「民衆の間で」★

新約聖書 使徒言行録5章12節ー16節

ユダヤ当局と一回目の衝突後の使徒たちの伝道活動の要約箇所。
使徒たちは「エルサレムを離れず」との復活の主の命令の下、伝道活動を展開する。まず、イスカリオテのユダを失ったため、「マティア」と呼ばれる人を弟子に選出することで態勢を整える。そして、「五旬節の日」に「一同は聖霊に満たされ」と、神が主体となり「天下のあらゆる国」の言葉で「神の偉大な業」が語られる。中心となるメッセージは十字架のイエスが父なる神により主なるメシアとされたことであった。また、「美しの門」に置かれていた「足の不自由な男」を「ナザレの人イエス・キリストの名」により癒し、立ちあがらせる「不思議な業」等も実践される。それはエルサレム神殿が門の外に放置していた課題への挑戦であり、これまでの世界にない新しいサービス(奉仕)活動であった。
ところが弟子たちの中心的な存在であるペトロとヨハネがユダヤ当局に逮捕され、「イエスの名」による伝道の中止を命じられるという危機に直面する。しかし「神に従わないであなたがたに従うことが、神の前に正しいかどうか判断して下さい。」と宣言し、活動を継続する。
彼らを称賛する民衆は、当初「あえて仲間に加わる」ことはなかったが、次第に「多くの男女」が主を信じるようになってゆく。特に女性が仲間に加えられるということはそれまでのユダヤ教の伝道になく、この点でも新しいサービスが実践されてゆく。それは、生前のイエスの仲間にはすでに女性がいたこととも関係する。つまり、弟子たちの活動はイエスの伝道の継続であったということである。

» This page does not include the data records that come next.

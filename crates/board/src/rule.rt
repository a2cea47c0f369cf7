//! The rule of the table that carries a board, and the names of the steps on it.

ghost use Rattle.std.specs.Prelude.{[], false};
ghost use Rattle.board.specs.Rule.{Stands, known, nothing, at_start};
ghost use Rattle.board.specs.Steps.{Adds, Looks, Asks, Hears, Enters, without_first, first_alone, both};

use crate::known::SeatKnowledge;
use atomic_table::{Join, Play, Split, TableRule};

/// The rule of a board. Its key is the number of harts.
pub struct Rule;

impl TableRule<(), SeatKnowledge, usize> for Rule {
    ghost holds = { λ harts table. Stands harts table.words table.views };

    ghost first = { λ harts. known (at_start 0 harts) [] false false };
}

/// A seat's word becomes more.
pub struct Add;

impl Play<(), SeatKnowledge> for Add {
    ghost then = { Adds };
}

/// A seat's word is read.
pub struct Look;

impl Play<(), SeatKnowledge> for Look {
    ghost then = { Looks };
}

/// A stop is asked.
pub struct Ask;

impl Play<(), SeatKnowledge> for Ask {
    ghost then = { Asks };
}

/// The stop word is read.
pub struct Hear;

impl Play<(), SeatKnowledge> for Hear {
    ghost then = { Hears };
}

/// A new seat takes over a hart.
pub struct DealSeat;

impl Split<SeatKnowledge> for DealSeat {
    ghost left = { without_first };

    ghost right = { first_alone };
}

/// A new glance knows nothing.
pub struct DealGlance;

impl Split<SeatKnowledge> for DealGlance {
    ghost left = { λ token. token };

    ghost right = { λ token. nothing };
}

/// What two tokens know becomes what one knows.
pub struct Gather;

impl Join<SeatKnowledge> for Gather {
    ghost both = { both };

    ghost spent = { nothing };
}

/// A token that knows nothing comes.
pub struct Enter;

impl Play<(), SeatKnowledge> for Enter {
    ghost then = { Enters };
}
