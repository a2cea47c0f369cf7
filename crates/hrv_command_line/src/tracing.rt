//! What `trace` is asked for by its values and options.

ghost use Rattle.std.specs.Prelude.{◌≡◌, map, option_map};
ghost use Rattle.clap.specs.Walk.{texts};
ghost use Rattle.hrv_command_line.specs.CommandLine.{asked_by};
ghost use Rattle.hrv_command_line.specs.CommandLine as spec;
ghost use Rattle.hrv_command_line.specs.inner.Readings.{chosen_of};

use crate::asked::number_in;
use crate::command_lines::{Invocation, TraceArguments};
use crate::reading::{Chosen, text_of};

/// What `trace` is asked for.
pub(crate) fn trace_asked<'a>(values: &[&'a str], choices: &[Chosen<'a>]) -> Option<Invocation<'a>>
    ensures { option_map asked_by result ≡ spec.trace_of (map chosen_of choices.now) (texts values.now) }
{
    match values {
        [image, log] => {
            let from = turn_of("from", choices, 0)?;
            let to = turn_of("to", choices, u64::MAX)?;
            let hart = hart_of(text_of("hart", choices))?;
            let address = text_of("address", choices);
            let words = TraceArguments {
                from,
                to,
                hart,
                address,
            };
            Some(Invocation::Trace { image, log, words })
        }
        _ => None,
    }
}

// The turn that an option names, or the one that stands for none.
fn turn_of(name: &str, choices: &[Chosen<'_>], none: u64) -> Option<u64>
    ensures { result ≡ spec.turn_or none (spec.text_of name.now (map chosen_of choices.now)) }
{
    match text_of(name, choices) {
        None => Some(none),
        Some(text) => number_in(text),
    }
}

// The hart that an option names, if it is given.
fn hart_of(text: Option<&str>) -> Option<Option<u64>>
    ensures { result ≡ spec.hart_of (option_map (λ s. s.now) text.entry) }
{
    match text {
        None => Some(None),
        Some(text) => Some(Some(hart_in(text)?)),
    }
}

// The hart that a text means.
fn hart_in(text: &str) -> Option<u64>
    ensures { result ≡ spec.hart_in text.now }
{
    match text.parse::<u64>() {
        Ok(number) => { if number < 8 { Some(number) } else { None } }
        Err(_) => None,
    }
}
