//! Why a command line is refused.

ghost use Rattle.std.specs.Prelude.{◌≡◌};

use clap::error::ErrorKind;
use std::alloc::AllocError;
use thiserror::Error;

/// Why the words of a command line ask for nothing. Its text is what the program prints.
#[derive(Debug, Drop, Error)]
pub enum CommandLineFault {
    /// The words are refused, or ask for help: clap's text.
    #[error("{0}")]
    Refused(clap::Error),
    /// A word isn't text.
    #[error("error: a word of the command line is not UTF-8")]
    NotText,
    /// Options of a run don't go together.
    #[error("error: --every goes with --seed, and --seed not with --from")]
    Uncombined,
    /// There is no refusal of the family and the code that are to be explained.
    #[error("error: no refusal has this family and this code")]
    Unexplained,
    /// Memory ran out.
    #[error("refused memory")]
    Memory,
}

impl CommandLineFault {
    ghost use Rattle.hrv_command_line.specs.Faults.{status_of};

    /// The exit status of a program that comes to it: 2 for the words, 1 for want of memory.
    pub fn status(&self) -> u8
        ensures { result ≡ status_of self.now }
    {
        match self {
            CommandLineFault::Memory => 1,
            _ => 2,
        }
    }
}

impl From<clap::Error> for CommandLineFault {
    ghost use Rattle.clap.specs.Words.{kind_of};
    ghost use Rattle.hrv_command_line.specs.Faults.{fault_for};

    ghost from_gives = { λ error fault. fault ≡ fault_for (kind_of error) error };

    fn from(error: clap::Error) -> CommandLineFault {
        match error.kind() {
            ErrorKind::OutOfMemory => CommandLineFault::Memory,
            _ => CommandLineFault::Refused(error),
        }
    }
}

impl From<AllocError> for CommandLineFault {
    ghost use Rattle.hrv_command_line.specs.declared.faults.CommandLineFault.TheVariants.{Memory};

    ghost from_gives = { λ _ fault. fault ≡ Memory };

    fn from(_error: AllocError) -> CommandLineFault {
        CommandLineFault::Memory
    }
}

伝道活動の場は「大通り」「エルサレム付近」と拡大してゆき、イエスの福音があらゆる枠を越えてゆくものであることが証されてゆく。また、民衆の苦悩からかけ離れていない伝道、それが初代教会の働きであった
伝道とは「あえて仲間に加わろうとしない」」民衆が対象で、ヨハネ福音書の言葉で言えば、「この囲いに入っていないほかの羊」である。それは私たちの家族、地域住民、会社の同僚、学校の友人などである。それらの兄弟姉妹は「囲いの外」の羊たちであり、神が私たちに備えた隣人なのである。